Exercise directions » Among the lines below, keep only those from the one containing "pub use own::own_text;" through the one containing "whatever the key", and reproduce them exactly.

Source material »
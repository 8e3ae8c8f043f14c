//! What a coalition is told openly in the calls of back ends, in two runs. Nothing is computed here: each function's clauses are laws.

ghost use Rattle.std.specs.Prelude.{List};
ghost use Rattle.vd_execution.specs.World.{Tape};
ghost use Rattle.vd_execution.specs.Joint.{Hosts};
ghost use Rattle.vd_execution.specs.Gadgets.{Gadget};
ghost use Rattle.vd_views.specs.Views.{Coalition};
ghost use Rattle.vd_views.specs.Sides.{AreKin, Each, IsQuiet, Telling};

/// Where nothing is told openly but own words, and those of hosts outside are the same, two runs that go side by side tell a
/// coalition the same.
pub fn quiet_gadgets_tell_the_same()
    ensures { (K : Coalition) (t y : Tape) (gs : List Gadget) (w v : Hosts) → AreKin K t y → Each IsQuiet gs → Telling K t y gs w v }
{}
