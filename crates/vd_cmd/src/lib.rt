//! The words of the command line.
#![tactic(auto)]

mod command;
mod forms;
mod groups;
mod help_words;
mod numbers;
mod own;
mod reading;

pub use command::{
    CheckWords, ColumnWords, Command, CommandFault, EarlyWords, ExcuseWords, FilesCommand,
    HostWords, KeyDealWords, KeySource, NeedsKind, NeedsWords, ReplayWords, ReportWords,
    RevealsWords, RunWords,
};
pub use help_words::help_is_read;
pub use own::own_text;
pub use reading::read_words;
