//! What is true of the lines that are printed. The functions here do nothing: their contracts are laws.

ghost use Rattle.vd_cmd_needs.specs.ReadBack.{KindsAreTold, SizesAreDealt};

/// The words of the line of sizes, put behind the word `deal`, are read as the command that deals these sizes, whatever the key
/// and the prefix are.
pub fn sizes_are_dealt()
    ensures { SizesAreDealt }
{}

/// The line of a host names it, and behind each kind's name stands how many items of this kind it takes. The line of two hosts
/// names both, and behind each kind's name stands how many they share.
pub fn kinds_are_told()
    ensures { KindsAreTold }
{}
==
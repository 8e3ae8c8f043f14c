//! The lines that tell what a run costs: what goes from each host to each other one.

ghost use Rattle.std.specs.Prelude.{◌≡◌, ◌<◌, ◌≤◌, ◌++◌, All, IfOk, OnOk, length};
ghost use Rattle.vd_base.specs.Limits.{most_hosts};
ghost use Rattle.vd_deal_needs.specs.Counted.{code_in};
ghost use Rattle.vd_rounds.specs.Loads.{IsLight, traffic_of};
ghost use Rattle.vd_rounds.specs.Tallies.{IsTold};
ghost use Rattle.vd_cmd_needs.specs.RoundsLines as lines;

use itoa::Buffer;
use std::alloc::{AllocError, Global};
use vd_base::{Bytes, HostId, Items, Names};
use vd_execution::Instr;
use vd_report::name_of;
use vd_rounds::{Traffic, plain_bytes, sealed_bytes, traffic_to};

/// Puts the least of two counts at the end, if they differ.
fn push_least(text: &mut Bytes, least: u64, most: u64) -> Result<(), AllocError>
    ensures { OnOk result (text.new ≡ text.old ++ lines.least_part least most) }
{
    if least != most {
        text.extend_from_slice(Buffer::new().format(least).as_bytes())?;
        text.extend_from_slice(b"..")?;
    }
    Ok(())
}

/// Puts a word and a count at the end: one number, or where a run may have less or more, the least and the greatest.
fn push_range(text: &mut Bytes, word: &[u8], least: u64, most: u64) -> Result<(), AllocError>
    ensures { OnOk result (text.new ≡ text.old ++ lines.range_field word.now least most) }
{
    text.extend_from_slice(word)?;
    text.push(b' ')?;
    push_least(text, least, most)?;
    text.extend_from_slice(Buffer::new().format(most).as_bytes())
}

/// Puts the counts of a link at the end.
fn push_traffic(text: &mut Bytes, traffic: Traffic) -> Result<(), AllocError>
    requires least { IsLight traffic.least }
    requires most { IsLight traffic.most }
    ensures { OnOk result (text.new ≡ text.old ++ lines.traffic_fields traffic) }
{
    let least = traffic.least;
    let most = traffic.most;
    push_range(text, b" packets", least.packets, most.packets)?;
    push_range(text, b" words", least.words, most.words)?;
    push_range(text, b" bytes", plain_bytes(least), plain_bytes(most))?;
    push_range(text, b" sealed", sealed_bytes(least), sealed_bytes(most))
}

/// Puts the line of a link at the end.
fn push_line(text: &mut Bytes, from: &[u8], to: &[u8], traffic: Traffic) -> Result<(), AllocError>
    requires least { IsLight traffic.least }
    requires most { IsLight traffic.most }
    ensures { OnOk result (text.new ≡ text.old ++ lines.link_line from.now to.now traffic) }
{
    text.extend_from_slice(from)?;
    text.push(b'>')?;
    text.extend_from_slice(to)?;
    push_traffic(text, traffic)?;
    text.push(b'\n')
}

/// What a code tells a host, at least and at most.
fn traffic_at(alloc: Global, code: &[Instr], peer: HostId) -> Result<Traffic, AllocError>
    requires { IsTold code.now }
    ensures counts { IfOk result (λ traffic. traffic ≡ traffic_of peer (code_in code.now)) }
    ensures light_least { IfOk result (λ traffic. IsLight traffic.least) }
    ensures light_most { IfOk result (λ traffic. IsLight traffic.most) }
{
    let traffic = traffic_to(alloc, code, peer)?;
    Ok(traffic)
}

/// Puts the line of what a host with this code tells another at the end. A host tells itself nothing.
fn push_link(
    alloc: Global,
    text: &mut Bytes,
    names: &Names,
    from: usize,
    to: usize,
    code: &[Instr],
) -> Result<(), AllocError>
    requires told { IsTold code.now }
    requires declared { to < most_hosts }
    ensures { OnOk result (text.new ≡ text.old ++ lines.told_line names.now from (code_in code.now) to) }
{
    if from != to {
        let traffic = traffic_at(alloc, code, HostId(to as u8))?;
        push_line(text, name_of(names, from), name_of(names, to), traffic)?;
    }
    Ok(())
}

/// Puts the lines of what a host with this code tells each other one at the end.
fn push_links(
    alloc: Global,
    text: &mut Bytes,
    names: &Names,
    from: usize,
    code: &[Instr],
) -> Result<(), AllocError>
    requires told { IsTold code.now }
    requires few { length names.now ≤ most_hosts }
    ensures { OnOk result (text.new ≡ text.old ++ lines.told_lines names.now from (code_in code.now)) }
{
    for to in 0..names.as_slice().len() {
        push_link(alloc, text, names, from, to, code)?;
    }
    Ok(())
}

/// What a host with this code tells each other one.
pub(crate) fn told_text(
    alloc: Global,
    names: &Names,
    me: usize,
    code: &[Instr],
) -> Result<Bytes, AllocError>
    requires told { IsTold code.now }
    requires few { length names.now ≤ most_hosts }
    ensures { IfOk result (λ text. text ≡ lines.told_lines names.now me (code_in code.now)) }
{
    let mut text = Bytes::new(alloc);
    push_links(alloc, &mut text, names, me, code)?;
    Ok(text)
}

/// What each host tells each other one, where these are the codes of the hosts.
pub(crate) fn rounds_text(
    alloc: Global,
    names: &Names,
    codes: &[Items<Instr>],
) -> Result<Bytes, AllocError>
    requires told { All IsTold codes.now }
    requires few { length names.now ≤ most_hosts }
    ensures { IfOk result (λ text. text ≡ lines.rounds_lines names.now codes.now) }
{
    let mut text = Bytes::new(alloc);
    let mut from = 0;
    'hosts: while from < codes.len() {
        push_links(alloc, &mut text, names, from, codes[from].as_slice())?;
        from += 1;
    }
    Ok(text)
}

Answer to the problem »
pub use own::own_text;
pub use reading::read_words;
//! What is true of the lines that are printed. The functions here do nothing: their contracts are laws.

ghost use Rattle.vd_cmd_needs.specs.ReadBack.{KindsAreTold, SizesAreDealt};

/// The words of the line of sizes, put behind the word `deal`, are read as the command that deals these sizes, whatever the key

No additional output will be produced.